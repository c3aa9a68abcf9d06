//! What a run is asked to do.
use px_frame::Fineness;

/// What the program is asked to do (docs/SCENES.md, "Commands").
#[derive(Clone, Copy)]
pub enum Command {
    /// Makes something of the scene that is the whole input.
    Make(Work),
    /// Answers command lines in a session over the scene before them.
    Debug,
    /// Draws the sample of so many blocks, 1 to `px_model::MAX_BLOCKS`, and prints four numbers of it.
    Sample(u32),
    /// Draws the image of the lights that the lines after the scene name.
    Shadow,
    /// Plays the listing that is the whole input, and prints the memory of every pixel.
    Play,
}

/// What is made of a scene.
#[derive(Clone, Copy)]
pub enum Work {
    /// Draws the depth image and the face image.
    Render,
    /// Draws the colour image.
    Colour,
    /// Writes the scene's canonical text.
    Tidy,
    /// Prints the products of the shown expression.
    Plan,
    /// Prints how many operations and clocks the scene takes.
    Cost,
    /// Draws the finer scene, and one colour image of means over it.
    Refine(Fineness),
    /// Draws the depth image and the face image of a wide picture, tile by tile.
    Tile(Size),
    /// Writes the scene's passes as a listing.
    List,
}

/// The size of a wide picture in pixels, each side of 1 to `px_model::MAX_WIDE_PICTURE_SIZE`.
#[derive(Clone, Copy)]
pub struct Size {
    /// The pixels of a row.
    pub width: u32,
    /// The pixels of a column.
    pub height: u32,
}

• • • • • • •

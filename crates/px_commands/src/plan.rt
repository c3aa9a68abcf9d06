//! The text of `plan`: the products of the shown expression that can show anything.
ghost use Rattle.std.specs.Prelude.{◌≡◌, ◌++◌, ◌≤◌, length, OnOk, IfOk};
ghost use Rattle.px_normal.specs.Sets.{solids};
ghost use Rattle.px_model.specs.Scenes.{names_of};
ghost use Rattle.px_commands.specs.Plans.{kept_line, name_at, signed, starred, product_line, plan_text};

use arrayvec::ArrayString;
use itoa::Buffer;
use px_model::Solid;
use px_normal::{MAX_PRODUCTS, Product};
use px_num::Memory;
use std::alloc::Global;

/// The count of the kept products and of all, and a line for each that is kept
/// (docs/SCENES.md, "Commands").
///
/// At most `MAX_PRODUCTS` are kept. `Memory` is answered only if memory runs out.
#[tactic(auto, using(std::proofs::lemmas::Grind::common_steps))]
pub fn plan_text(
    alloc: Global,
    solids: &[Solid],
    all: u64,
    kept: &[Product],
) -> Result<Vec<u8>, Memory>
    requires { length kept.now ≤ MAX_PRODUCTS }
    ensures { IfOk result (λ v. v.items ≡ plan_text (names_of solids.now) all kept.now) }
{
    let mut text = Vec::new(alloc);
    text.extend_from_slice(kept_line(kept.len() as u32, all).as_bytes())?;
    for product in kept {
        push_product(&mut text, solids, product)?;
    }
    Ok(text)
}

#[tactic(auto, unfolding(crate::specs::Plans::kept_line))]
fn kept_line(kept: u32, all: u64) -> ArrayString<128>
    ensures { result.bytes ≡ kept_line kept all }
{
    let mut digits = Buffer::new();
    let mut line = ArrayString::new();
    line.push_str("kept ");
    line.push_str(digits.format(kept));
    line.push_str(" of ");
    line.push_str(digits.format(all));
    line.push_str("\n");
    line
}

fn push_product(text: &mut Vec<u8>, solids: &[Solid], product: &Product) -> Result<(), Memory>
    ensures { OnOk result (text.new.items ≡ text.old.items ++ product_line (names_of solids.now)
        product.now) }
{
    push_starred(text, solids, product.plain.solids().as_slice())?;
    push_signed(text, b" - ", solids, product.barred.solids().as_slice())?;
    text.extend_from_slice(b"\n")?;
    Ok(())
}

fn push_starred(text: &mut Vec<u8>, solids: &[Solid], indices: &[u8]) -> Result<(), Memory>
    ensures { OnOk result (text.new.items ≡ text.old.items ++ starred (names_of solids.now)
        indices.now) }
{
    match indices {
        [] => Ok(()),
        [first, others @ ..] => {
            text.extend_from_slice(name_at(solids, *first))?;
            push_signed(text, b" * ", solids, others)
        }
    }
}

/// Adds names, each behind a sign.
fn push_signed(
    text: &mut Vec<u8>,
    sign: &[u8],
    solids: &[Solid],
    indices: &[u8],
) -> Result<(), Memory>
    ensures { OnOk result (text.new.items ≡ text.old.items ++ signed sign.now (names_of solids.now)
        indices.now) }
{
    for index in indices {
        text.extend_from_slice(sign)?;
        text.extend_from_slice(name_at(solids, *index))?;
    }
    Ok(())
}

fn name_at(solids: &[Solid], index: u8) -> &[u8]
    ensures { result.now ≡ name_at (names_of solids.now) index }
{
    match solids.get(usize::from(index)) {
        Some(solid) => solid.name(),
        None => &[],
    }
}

• • • • • • •

■ PROMPT: Give the count of lines in the listing that contain the word "specs". No explanation is wanted.

■ RESPONSE TO THIS EXERCISE: 5